• _Task prompt_
Among the entries, find each line that includes the string "Prelude" and list it.
══════════
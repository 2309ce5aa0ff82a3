//! The map of a partition, and its text.
ghost use Rattle.std.specs.Prelude.{◌≡◌, ◌<◌, ◌≤◌, ◌^◌, [], IfOk, OnOk, OnErr};
ghost use Rattle.rescue_console.specs.declared.console.Channel.TheVariants.{Out};
ghost use Rattle.rescue_console.specs.ConsoleState.{Puts, PutsPart};
ghost use Rattle.mapfile_text.specs.Printed.{printed};
ghost use Rattle.partition_domain.specs.DomainMap.{domain_map, shown_state};

use crate::table::{Partition, SECTOR};
use block_list::status::Status;
use block_list::tiles::{NoMemory, Tiles};
use console_texts::printing::put_map;
use mapfile_text::heading::Heading;
use mapfile_text::state::{Current, MapState};
use plain_blocks::plain_tiles::PlainTiles;
use rescue_console::console::{Console, ConsoleFault};
use std::alloc::Global;

/// How many blocks a map of one partition wants room for, at most, as it is made.
const ROOM: usize = 3;

/// An empty map with room for that of any partition, so that none is wanted once the input was read.
pub fn make_room(alloc: Global) -> Result<PlainTiles, NoMemory>
    ensures empty { IfOk result (λ t. t.statuses ≡ []) }
    ensures room { IfOk result (λ t. 3 ≤ t.spare) }
{
    let mut tiles = PlainTiles::new(alloc);
    tiles.reserve(ROOM)?;
    Ok(tiles)
}

/// Makes an empty map that of a partition, on an input with a length in bytes.
fn mark(tiles: &mut PlainTiles, partition: Partition, length: u64)
    requires empty { tiles.old.statuses ≡ [] }
    requires room { 3 ≤ tiles.old.spare }
    requires first { partition.first < 2 ^ 34 }
    requires count { partition.count < 2 ^ 32 }
    requires short { length < 2 ^ 63 }
    ensures { tiles.new.statuses ≡ domain_map length partition }
{
    let start = partition.first * SECTOR as u64;
    let size = partition.count * SECTOR as u64;
    tiles.extend_to(length.max(start + size));
    if size > 0 {
        tiles.set(start, size, Status::Finished);
    }
}

/// Prints the map of a partition.
///
/// # Errors
///
/// `ConsoleFault` if a put failed; a beginning of the map was put then.
pub fn print_domain<P: Console>(
    console: &mut P,
    heading: &Heading,
    mut tiles: PlainTiles,
    partition: Partition,
    length: u64,
) -> Result<(), ConsoleFault>
    requires empty { tiles.statuses ≡ [] }
    requires room { 3 ≤ tiles.spare }
    requires first { partition.first < 2 ^ 34 }
    requires count { partition.count < 2 ^ 32 }
    requires short { length < 2 ^ 63 }
    ensures put { OnOk result (Puts Out (printed heading.now shown_state (domain_map length partition))
        (P.state console.old) (P.state console.new)) }
    ensures fault { OnErr result (PutsPart Out (printed heading.now shown_state (domain_map length partition))
        (P.state console.old) (P.state console.new)) }
{
    mark(&mut tiles, partition, length);
    let state = MapState {
        pos: 0,
        current: Current::Finished,
        pass: 1,
    };
    put_map(console, heading, state, &tiles)
}
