//! The chain of records within an extended partition.
ghost use Rattle.std.specs.Prelude.{◌≡◌, ℕ, ◌-◌, ◌<◌, ◌≤◌, ◌^◌, List, true, OnOk, IfOk, IfErr};
ghost use Rattle.faulty_source.specs.SourceChanges.{Stays};
ghost use Rattle.partition_domain.specs.Reads.{losses_after};
ghost use Rattle.partition_domain.specs.Steps.{LeadsToChain, IsNear, LeadsNear, SearchesAfter, Turns, leads, link_past};

use crate::read::read_table;
use crate::stop::{Refusal, SearchStop};
use crate::table::{Partition, Table, TableEntry};
use faulty_source::source::Source;

/// How many records of a chain are read at most.
const CHAIN_LIMIT: u64 = 128;

/// The number of the first partition that a chain gives.
const FIRST_LOGICAL: u64 = 5;

/// How far a chain was read.
#[derive(Clone, Copy, Debug)]
pub struct Chain {
    /// Where the extended partition begins, in sectors.
    pub base: u32,
    /// The sector of the record that comes next.
    pub at: u64,
    /// How many partitions the records before the next one gave.
    pub given: u64,
    /// How many records there are before the next one.
    pub read: u64,
}

/// What comes of a record of a chain.
#[derive(Clone, Copy, Debug)]
pub enum Link {
    /// The record gives the partition that is looked for.
    Found(Partition),
    /// The record leads on to a further one.
    On(Chain),
    /// The record doesn't give the partition, and is the last one.
    End,
}

/// Where the second entry of a record leads to, after this many partitions.
fn lead(chain: Chain, given: u64, second: TableEntry, k: u64) -> Link
    requires near { IsNear k chain }
    requires more { chain.read < 128 }
    requires given { given ≤ k - 5 }
    ensures leads { result ≡ leads chain given second }
    ensures near { LeadsNear k chain result }
{
    if !second.is_used() {
        return Link::End;
    }
    Link::On(Chain {
        base: chain.base,
        at: second.linked(chain.base),
        given,
        read: chain.read + 1,
    })
}

/// What comes of the next record of a chain, by what it says.
fn pass(chain: Chain, table: &Table, k: u64) -> Link
    requires near { IsNear k chain }
    requires more { chain.read < 128 }
    ensures passes { result ≡ link_past k chain table.now }
    ensures near { LeadsNear k chain result }
{
    let [first, second, ..] = *table;
    if !first.is_used() {
        return lead(chain, chain.given, second, k);
    }
    if chain.given == k - FIRST_LOGICAL {
        return Link::Found(first.partition_from(chain.at));
    }
    lead(chain, chain.given + 1, second, k)
}

/// Reads the next record of a chain.
fn turn<S: Source>(source: &mut S, chain: Chain, k: u64) -> Result<Link, SearchStop>
    requires opened { (S.state source.old).is_open ≡ true }
    requires near { IsNear k chain }
    requires more { chain.read < 128 }
    ensures turned { (main : List ℕ) (chain_read : List (List ℕ))
        → Turns k main chain chain_read result (S.state source.old) (S.state source.new) }
    ensures stays { Stays (S.state source.old) (S.state source.new) }
    ensures kept { OnOk result ((S.state source.new).losses ≡ (S.state source.old).losses) }
    ensures cause { IfErr result (λ stop. (S.state source.new).losses ≡ losses_after stop (S.state source.old).losses) }
    ensures near { IfOk result (λ link. LeadsNear k chain link) }
{
    match read_table(source, chain.at) {
        Ok(table) => Ok(pass(chain, &table, k)),
        Err(stop) => Err(stop),
    }
}

/// Reads a chain from its base on, up to the record that gives partition k.
pub(crate) fn follow_chain<S: Source>(
    source: &mut S,
    base: u32,
    k: u64,
) -> Result<Partition, SearchStop>
    requires opened { (S.state source.old).is_open ≡ true }
    requires logical { 5 ≤ k }
    ensures searches { (main : List ℕ) → LeadsToChain main base
        → SearchesAfter k main result (S.state source.old) (S.state source.new) }
    ensures stays { Stays (S.state source.old) (S.state source.new) }
    ensures kept { OnOk result ((S.state source.new).losses ≡ (S.state source.old).losses) }
    ensures cause { IfErr result (λ stop. (S.state source.new).losses ≡ losses_after stop (S.state source.old).losses) }
    ensures near { IfOk result (λ p. (p.first < 2 ^ 34) × (p.count < 2 ^ 32)) }
{
    let mut chain = Chain {
        base,
        at: u64::from(base),
        given: 0,
        read: 0,
    };
    'records: while chain.read < CHAIN_LIMIT {
        match turn(source, chain, k)? {
            Link::Found(partition) => return Ok(partition),
            Link::On(next) => chain = next,
            Link::End => return Err(SearchStop::Refused(Refusal::NoPartition)),
        }
    }
    Err(SearchStop::Refused(Refusal::ChainTooLong))
}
══════════
• _Result for this task_
ghost use Rattle.std.specs.Prelude.{◌≡◌, ◌<◌, ◌≤◌, ◌^◌, [], IfOk, OnOk, OnErr};
ghost use Rattle.std.specs.Prelude.{◌≡◌, ℕ, ◌-◌, ◌<◌, ◌≤◌, ◌^◌, List, true, OnOk, IfOk, IfErr};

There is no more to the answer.